I think I barely blinked as the question was asked.  “You mean my daughter?” I responded.  “Yes, ma’am,” she hesitated, “your daughter,” came the somber response from the doctor who stood before me.  She was flanked by two nurses, one holding a clipboard.  I looked anxiously at my husband and simultaneously, we answered, “Of course.  Yes. Yes.”

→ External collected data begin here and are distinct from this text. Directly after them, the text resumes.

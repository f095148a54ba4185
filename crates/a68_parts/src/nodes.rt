//! What is asked of nodes and of their modes.
ghost use Rattle.std.specs.Option.{option_map};
ghost use Rattle.std.specs.Prelude.{◌≡◌, ◌<◌, ◌||◌, length, map, ℕ, IfSome};
ghost use Rattle.a68_elab.specs.Made as made;
ghost use Rattle.a68_modes.specs.Nodes.{shape_at};
ghost use Rattle.a68_tree.specs.Trees.{AllBetween};

use a68_annot::Annotated;
use a68_base::is_listed;
use a68_modes::{ModeId, Modes, Shape};
use a68_tree::{NodeId, NodeKind};

/// Whether a word is one of some.
pub fn is_one_of(words: &[&str], spelling: Option<&[u8]>) -> bool
    ensures { result ≡ made.is_one_of (map (λ word. word.now) words.now) (option_map (λ bytes. bytes.now) spelling.entry) }
{
    match spelling {
        Some(bytes) => is_listed(words, bytes),
        None => false,
    }
}

/// The kind of a node; that of VOID where there is no such node.
pub fn kind_at(program: &Annotated, id: NodeId) -> NodeKind
    ensures { result ≡ made.kind_at program.now id }
{
    if id >= program.tree.len() {
        return NodeKind::VoidWord;
    }
    program.tree.node(id).kind
}

/// Is a node a label?
pub fn is_label(program: &Annotated, id: NodeId) -> bool
    ensures { result ≡ made.is_label (made.kind_at program.now id) }
{
    matches!(kind_at(program, id), NodeKind::Label)
}

/// Does a node stand for EXIT?
pub fn is_exit(program: &Annotated, id: NodeId) -> bool
    ensures { result ≡ made.is_exit (made.kind_at program.now id) }
{
    matches!(kind_at(program, id), NodeKind::Exit)
}

// Is a node a label, or does it stand for EXIT?
fn is_label_or_exit(program: &Annotated, id: NodeId) -> bool
    ensures { result ≡ (made.is_label (made.kind_at program.now id) || made.is_exit (made.kind_at program.now id)) }
{
    matches!(kind_at(program, id), NodeKind::Label | NodeKind::Exit)
}

/// Is a serial clause of these nodes one with labels? One of them is a label or EXIT, behind which one stands.
pub fn is_labelled(program: &Annotated, ids: &[NodeId]) -> bool
    ensures { result ≡ made.is_labelled program.now ids.now }
{
    ids.iter().any(|id| is_label_or_exit(program, *id))
}

/// The parts of a node; none where there is no such node.
pub fn parts_at(program: &Annotated, id: NodeId) -> &[NodeId]
    ensures { result.now ≡ made.parts_at program.now id }
{
    if id >= program.tree.len() {
        return &[];
    }
    program.tree.parts(id)
}

/// The mode of a node; VOID where there is no such node.
pub fn mode_at(program: &Annotated, id: NodeId) -> ModeId
    ensures { result ≡ made.mode_of program.now id }
{
    if id >= program.tree.len() {
        return 0;
    }
    program.note(id).mode
}

/// The last of these nodes; the first node of all where there is none.
pub fn last_id(ids: &[NodeId]) -> NodeId
    ensures { result ≡ made.last_id ids.now }
{
    if ids.len() == 0 {
        return 0;
    }
    ids[ids.len() - 1]
}

/// Does the first of these nodes stand for HEAP?
pub fn begins_in_heap(program: &Annotated, id: NodeId, parts: &[NodeId]) -> bool
    requires { AllBetween id (length program.now.tree.nodes) parts.now }
    ensures { result ≡ made.begins_with made.is_heap program.now parts.now }
{
    parts.len() > 0 && matches!(kind_at(program, parts[0]), NodeKind::Heap)
}

/// Is the first of these nodes a declarer?
pub fn begins_with_declarer(program: &Annotated, id: NodeId, parts: &[NodeId]) -> bool
    requires { AllBetween id (length program.now.tree.nodes) parts.now }
    ensures { result ≡ made.begins_with made.is_declarer program.now parts.now }
{
    parts.len() > 0 && matches!(kind_at(program, parts[0]), NodeKind::Declarer)
}

/// The parts behind HEAP.
pub fn behind_heap(has_heap: bool, parts: &[NodeId]) -> &[NodeId]
    ensures parts { result.now ≡ made.behind_heap has_heap parts.now }
    ensures between { (id end : ℕ) → AllBetween id end parts.now → AllBetween id end result.now }
{
    if has_heap && parts.len() > 0 {
        &parts[1..]
    } else {
        parts
    }
}

// Does a node of this kind stand for OUT or OUSE?
fn is_out(kind: NodeKind) -> bool
    ensures { result ≡ made.is_out kind }
{
    matches!(kind, NodeKind::Out)
}

/// The last of these nodes, where it stands for OUT or OUSE.
pub fn out_of(program: &Annotated, id: NodeId, parts: &[NodeId]) -> Option<NodeId>
    requires { AllBetween id (length program.now.tree.nodes) parts.now }
    ensures out { result ≡ made.out_of program.now parts.now }
    ensures within { IfSome result (λ p. (id < p) × (p < length program.now.tree.nodes)) }
{
    if parts.len() == 0 {
        return None;
    }
    let last = parts[parts.len() - 1];
    if is_out(kind_at(program, last)) {
        Some(last)
    } else {
        None
    }
}

/// The other nodes.
pub fn before_out<'a>(program: &'a Annotated, id: NodeId, parts: &'a [NodeId]) -> &'a [NodeId]
    requires { AllBetween id (length program.now.tree.nodes) parts.now }
    ensures parts { result.now ≡ made.before_out program.now parts.now }
    ensures between { AllBetween id (length program.now.tree.nodes) result.now }
{
    match out_of(program, id, parts) {
        Some(_) => &parts[..parts.len().saturating_sub(1)],
        None => parts,
    }
}

/// The spelling of what is called, where it is a tag that is not defined.
pub fn called(program: &Annotated, id: NodeId) -> Option<&[u8]>
    requires { id < length program.now.tree.nodes }
    ensures { option_map (λ bytes. bytes.now) result ≡ made.called program.now id }
{
    let node = program.tree.node(id);
    let note = program.note(id);
    match (node.kind, note.definition) {
        (NodeKind::Tag, None) => Some(program.tree.spelling(node.name)),
        _ => None,
    }
}

/// The items of print: the units of a collateral clause, or one unit.
pub fn items_at<'a>(program: &'a Annotated, id: NodeId, parts: &'a [NodeId]) -> &'a [NodeId]
    requires { AllBetween id (length program.now.tree.nodes) parts.now }
    ensures items { result.now ≡ made.items_at program.now parts.now }
    ensures between { AllBetween id (length program.now.tree.nodes) result.now }
{
    if parts.len() == 1 && matches!(kind_at(program, parts[0]), NodeKind::Collateral) {
        program.tree.parts(parts[0])
    } else {
        parts
    }
}

/// The mode of what a name of this mode refers to; VOID for another mode.
pub fn behind_ref(modes: &Modes, mode: ModeId) -> ModeId
    ensures { result ≡ made.behind_ref (shape_at modes.now mode) }
{
    if mode >= modes.len() {
        return 0;
    }
    match modes.shape(mode) {
        Shape::Ref(to) => *to,
        _ => 0,
    }
}

/// The mode of what a procedure of this mode yields; VOID for another mode.
pub fn behind_proc(modes: &Modes, mode: ModeId) -> ModeId
    ensures { result ≡ made.behind_proc (shape_at modes.now mode) }
{
    if mode >= modes.len() {
        return 0;
    }
    match modes.shape(mode) {
        Shape::Proc { result, .. } => *result,
        _ => 0,
    }
}

/// The tags that print.
pub fn printers() -> &'static [&'static str]
    ensures { map (λ word. word.now) result.now ≡ made.printers }
{
    &["print", "write"]
}

/// The tag that writes a number as a text.
pub fn wholes() -> &'static [&'static str]
    ensures { map (λ word. word.now) result.now ≡ made.wholes }
{
    &["whole"]
}
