/// Fuel that is no number of fuel, or is there twice.
const MISCOUNTED: &[&[&str]] = &[
    &["run", "--fuel"],
    &["run", "--fuel", "7"],
    &["run", "f", "--fuel"],
    &["run", "f", "--fuel", "0"],
    &["run", "f", "--fuel", "16000001"],
    &["run", "f", "--fuel", "5x"],
    &["run", "f", "--fuel", "x"],
    &["run", "f", "--fuel", "-1"],
    &["run", "f", "--fuel", "--"],
    &["run", "f", "--fuel", "+5"],
    &["run", "f", "--fuel", ""],
    &["run", "f", "--fuel", " 5"],
    &["run", "f", "--fuel", "000000007"],
    &["run", "f", "--fuel="],
    &["run", "f", "--fuel=0"],
    &["run", "f", "--fuel=16000001"],
    &["run", "f", "--fuel=-1"],
    &["run", "f", "--fuel=000000001"],
    &["run", "f", "--fuel", "7", "--fuel", "7"],
    &["run", "f", "--fuel=7", "--fuel=7"],
    &["run", "f", "--fuel", "7", "--fuel=7"],
];

/// The same of workers.
const MISMANNED: &[&[&str]] = &[
    &["run", "f", "--workers"],
    &["run", "f", "--workers", "0"],
    &["run", "f", "--workers", "65"],
    &["run", "f", "--workers=0"],
    &["run", "f", "--workers=65"],
    &["run", "f", "--workers="],
    &["run", "f", "--workers", "4", "--workers", "4"],
    &["run", "f", "--workers=4", "--workers", "4"],
    &["run", "f", "--workers=x"],
    &["run", "--workers", "--", "f"],
    &["run", "--workers=4"],
    &["run", "f", "--worker=4"],
    &["run", "f", "--workers", "-4"],
    &["run", "f", "--workers", "000000004"],
];

/// Names that are asked for twice, with a value, without a file, or where an option wants its number.
const MISNAMED: &[&[&str]] = &[
    &["run", "--names"],
    &["run", "f", "--names", "--names"],
    &["run", "--names", "f", "--names"],
    &["run", "f", "--names=1"],
    &["run", "f", "--names="],
    &["run", "f", "--name"],
    &["run", "f", "--Names"],
    &["run", "f", "-names"],
    &["run", "f", "--fuel", "--names"],
    &["run", "f", "--workers", "--names"],
    &["run", "--names", "f", "g"],
    &["--names", "run", "f"],
    &["check", "f", "--names"],
    &["check", "--names", "f"],
    &["code", "f", "--names"],
    &["make", "3", "--names"],
];
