//! What the constructs of an annotated tree are made of: parts, values, fields, loops, and the modes of coercions.
#![tactic(auto)]

mod constants;
mod fields;
mod loops;
mod nodes;
mod rowing;

pub use constants::{is_quoted, long_value_in, standard_of, truths, value_in};
pub use fields::{fields_at, first_goal, selected_fields};
pub use loops::{LoopParts, loop_parts, only_id};
pub use nodes::{
    before_out, begins_in_heap, begins_with_declarer, behind_heap, behind_proc, behind_ref, called,
    is_exit, is_label, is_labelled, is_one_of, items_at, kind_at, last_id, mode_at, out_of,
    parts_at, printers, wholes,
};
pub use rowing::{Rowings, last_rowings, rowed_by, rowed_to};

As twenty-five years olds, we were both ill-prepared for a question of such magnitude.  I was 26 weeks pregnant with a two-year old at home.  Something had caused my white blood cell count to rapidly rise, risking my life and the life of my baby, my unborn daughter.  An emergency C-section was going to be taking place within an hour and these questions had to be asked.  The clipboard was left behind for our signatures and a psychologist stopped by for a brief consult.  Were we ready?  Of course, we were not. Did we want to call our clergyman?  We had already been shooting prayers heavenward.

A Miracle, Our Miracle

Our baby, our daughter was delivered weighing in at a whopping 2.5 pounds.  She was very sick, as was I.  But my five-day hospital stay was miniscule compared to her eighty-nine days.  Her lungs blew out three times and a brain bleed incredibly, miraculously disappeared by week two.   We, the parents, were lucky we didn’t know more about what was going on but as time went on and the weeks passed, we quickly became educated as to how much more could have gone wrong and just how lucky we were as we saw little ones like our daughter not survive.

She came home…

She eventually came home weighing 4lbs 14.5 ozs.  Renee “Nee-Nee” was tiny, but more than twice the size she was at birth.  No, we were not prepared.  Could we have ever been prepared for this?  Probably not. But the wisdom and experience gained are incomparable.  And I have often looked back twenty-four years and thought, how did I ever survive it?


Anything New Can be Scary

You will never go into any new position with any new company, start any new project with any new client, work with any new team without feeling ill-prepared, a little green, a little wet behind the ears.  But each time, you will perfect technique, learn a few tricks, and become better at your craft.  And the wisdom – oh, the wisdom you will gain.  The ability to read a voice, a pause, and mannerisms becomes more keen and directing a conversation becomes child’s play and, at the same time, precisely cutting – getting right to the point, the jugular.

The Lesson

Motherhood eventually got easier, as does my job, every day.  It got easier because I stopped thinking I knew what I was up against and quit letting myself relax into it.  I have learned that staying on my toes is easier than picking myself back up a hundred times.